The FTSE 100 has joined other global stock markets in bleeding value, with investors fleeing commodities as oil prices tumble further and a US interest rate hike looms.

London’s premier share index shed 135 points or 2.2% during trading on Friday, to close at 5,952.

It equated to a loss, in value terms, of £34bn on Friday alone following a week of woe that saw the FTSE lose ground each day – spelling further bad news for pension pots and other investments.

All eyes were on Brent crude, which fell as much as 4.5% during afternoon trading to $37.9 a barrel – driven by an International Energy Agency prediction that the record glut in oil stocks could last until late next year.

Investors were also looking ahead to next week, when the US Federal Reserve (Fed) is widely expected to raise interest rates for the first time in nine years despite international concerns about the impact.

Such a move would likely strengthen the dollar further and depress the cost of commodities, such as oil, even more as they are priced in dollars.
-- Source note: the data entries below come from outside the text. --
//! What is told of the parts of a name, and to whom.

use lpt_carried::Name;
use lpt_layout::Octets;
use lpt_layout_join::{CameAs, MisfitAs};
use lpt_text::StreamFault;

/// What became of the parts of a name.
#[derive(Drop)]
pub enum NewsAs {
    /// A message is whole.
    Given(Octets),
    /// Parts were given up that weren't whole: these came.
    Dropped(CameAs),
    /// What parts were joined to is no packet of the layout and the direction.
    Unfit(MisfitAs),
    /// Parts were given up that weren't whole: these came before the part with which this message
    /// is whole.
    Overtaken(CameAs, Octets),
}

/// Who is told what becomes of the parts of each name.
pub trait TakerAs {
    ghost use Rattle.std.specs.Prelude.{◌≡◌, ◌⊎◌, ◌∷◌, [], List, Option, IfErr, OnOk};
    ghost use Rattle.lpt_layout_each.specs.Told.{news_of};
    ghost use Rattle.lpt_layout_each.specs.News.{Event, Hears, HearsPart};

    // What was told so far, if that is known.
    ghost heard: { Self → Option (List Event) };

    /// Is told something more.
    ///
    /// Errors: `Write` if it couldn't be written; `Memory`.
    fn take(&mut self, name: Name, news: &NewsAs) -> Result<(), StreamFault>
        ensures heard { OnOk result (Hears (heard self.old) (heard self.new)
            ((name, news_of news.now) ∷ [])) }
        ensures left { IfErr result (λ _. HearsPart (heard self.old) (heard self.new)
            ((name, news_of news.now) ∷ [])) }
        ensures fault { IfErr result (λ e. (e ≡ StreamFault.Write) ⊎ (e ≡ StreamFault.Memory)) };
}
Another knock-on effect would be to raise the cost of servicing the debts of many emerging market economies – denting their growth efforts.

The FTSE fallers were dominated by their exposure to commodities in the mining-heavy index but were actually led by the asset management firm, Old Mutual.

It lost more than 10% of its value for the second day running on the back of political turmoil in South Africa, where much of its business is based.

The rand sank to a record low against the dollar after President Jacob Zuma sacked his finance minister.

There were wider fears for the global economy evident across European trading, with traders citing weakness in China’s currency, the yuan.

The DAX in Germany closed 2.4% lower while in New York, the S&P 500 was 1.6% down mid-way through its final session of the week.

Stocks to suffer in London on Friday included Anglo American, down 8.1%, and BHP Billiton which lost more than 5%.

The FTSE started the year at 6,566 and is currently 9.1% worse off.

David Buik, market commentator at Panmure Gordon, said: “Understandable correction waited in the wings in the early weeks of 2015 when oil dropped from $65 a barrel to $52.

“But then the FTSE 100, on reasonable earnings and no logical alternative asset class competition ploughed its way to a record 7104 at the end of April. But it never had the legs or the conviction to push on.

“Soon warning bells in the shape of distress signals affecting growth in China threatened a meltdown. Oil prices continued to recede; that rattled the market’s confidence.

“Add to that ridiculous unsubstantiated threats from the Fed to raise interest rates, which made for a very strong dollar, thus trashing emerging markets brought about a change in sentiment.

“Investors suddenly realised that stock markets were not delivering growth, triggering a fall in the FTSE 100 to 5900 in August.”

He cited the “dramatic cut” in resource prices since for helping take the mining sector down by an average 65% in 2015 to date.